Running Spikes are a must for serious track and cross country runners. Strap on your spikes and toe the line.
So you are looking at getting running spikes? Great. Serious competitors in track and cross country all wear these specialized shoes because these shoes are lighter and have better traction. If you only run road races, look at the page on Racing Flats.
Before you decide on buying a pair, try them on! The most important thing with any type of running shoe is the fit. You should try some on at the store. If you know what you like, compare prices of Women's andMen's Running Spikes Online.
My spikes fit so good, I didn't even wear socks when racing. In college, I ran the steeplechase a few times. This race involves running just short of two miles while jumping over 35 barriers (hurdles). Seven times you have to jump over a barrier and into a water pit. I stopped wearing socks because the water would soak into them and make me feel slow. After a few competitions, I got used to the feeling of racing without socks and never wore them again in a race.
Alright, back to the important advice. Remember, you don't have to buy your shoes from the store. Find out what fits you best and look for deals on the net. Remember your specific shoe model name when looking. I wear Asics for training, but Nike fit me best for spikes.
There are different models of spikes out there too. Make sure you are purchasing a distance running spike model. Sprinting spikes are designed with less support than distance spikes.
A true pair of spikes have a harder plastic bottom. These types of shoes are perfect for outdoor tracks, and cross country races.

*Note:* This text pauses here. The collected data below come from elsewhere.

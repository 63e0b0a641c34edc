// Why a query has no answer.
use mtn_base::{Id, NoMemory};
use std::alloc::{AllocError, AllocFailed};

/// Why a query has no answer.
#[derive(Clone, Copy, Drop)]
pub enum QueryError {
    /// The graph does not have this id; it is the first such that the query names.
    Unknown(Id),
    NoMemory,
}

impl From<NoMemory> for QueryError {
    ghost use Rattle.std.specs.Prelude.{◌≡◌};
    ghost use Rattle.mtn_graph_queries.specs.declared.query.QueryError.TheVariants.{NoMemory};

    ghost from_gives = { λ _ e. e ≡ NoMemory };

    fn from(_: NoMemory) -> Self {
        QueryError::NoMemory
    }
}

impl From<AllocError> for QueryError {
    ghost use Rattle.std.specs.Prelude.{◌≡◌};
    ghost use Rattle.mtn_graph_queries.specs.declared.query.QueryError.TheVariants.{NoMemory};

    ghost from_gives = { λ _ e. e ≡ NoMemory };

    fn from(_: AllocError) -> Self {
        QueryError::NoMemory
    }
}

impl<T: Drop> From<AllocFailed<T>> for QueryError {
    ghost use Rattle.std.specs.Prelude.{◌≡◌};
    ghost use Rattle.mtn_graph_queries.specs.declared.query.QueryError.TheVariants.{NoMemory};

    ghost from_gives = { λ _ e. e ≡ NoMemory };

    fn from(_: AllocFailed<T>) -> Self {
        QueryError::NoMemory
    }
}
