// The whole graph as lines.
ghost use Rattle.std.specs.Prelude.{◌≡◌, List as Seq, IfOk};
ghost use Rattle.mtn_history_laws.specs.History.{Revision};
ghost use Rattle.mtn_replay.specs.Graphs.{IsGraphOf};
ghost use Rattle.mtn_answers.specs.Lines.{HasParents, IsGraph};

use crate::Line;
use crate::answers::parents_at;
use crate::ids::sorted_ids;
use crate::sets::{Wanted, places_of};
use mtn_ancestry::Graph;
use mtn_base::{Id, List, NoMemory};
use std::alloc::Global;

// A revision with its parents; an id that the graph does not have has none.
fn line(alloc: Global, graph: &Graph, id: Id) -> Result<Line, NoMemory>
    ensures id { IfOk result (λ line. line.id ≡ id) }
    ensures parents { IfOk result (λ line. (h : Seq Revision) → IsGraphOf h graph.now → HasParents h line) }
{
    let parents = match graph.find(id) {
        Some(at) => parents_at(alloc, graph, at)?,
        None => List::new(alloc),
    };
    Ok(Line { id, parents })
}

/// A line for each revision, by ascending ids, with its parents, ascending too.
pub fn lines(alloc: Global, graph: &Graph) -> Result<List<Line>, NoMemory>
    ensures { IfOk result (λ lines. (h : Seq Revision) → IsGraphOf h graph.now → IsGraph h lines) }
{
    let all = places_of(alloc, graph, &Wanted::Any)?;
    let ids = sorted_ids(alloc, graph, &all)?;
    let mut lines = List::new(alloc);
    for id in ids.as_slice() {
        lines.push(line(alloc, graph, *id)?)?;
    }
    Ok(lines)
}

Unfortunately, sometimes during indoor track you may have to run on a surface that will not allow a hard plastic bottom racing shoe.
If you want to make sure you can use your spikes for racing on any surface, look for recessed spikes that have a softer bottom. You can remove the spikes and then run on concrete, asphalt, wood flooring, and tartan flooring.
You can take the spikes out of hard plastic bottom versions too. For cross country, I always wore 1/4 to 1/2 inch spikes. I would judge how slick the course was and then put in my what length I though was right for the conditions. For track, they limit the length of the spike. This is so the track doesn't get torn to bits by monster spikes.
Make sure to follow the rules of your particular race. Don't get disqualified for something silly like the wrong spike length.
Is buying a pair of spikes clear now? I hope so. Go find what fits, look for a good deal, and buy yourself a pair. Put your spikes in, lace them up, and toe the line!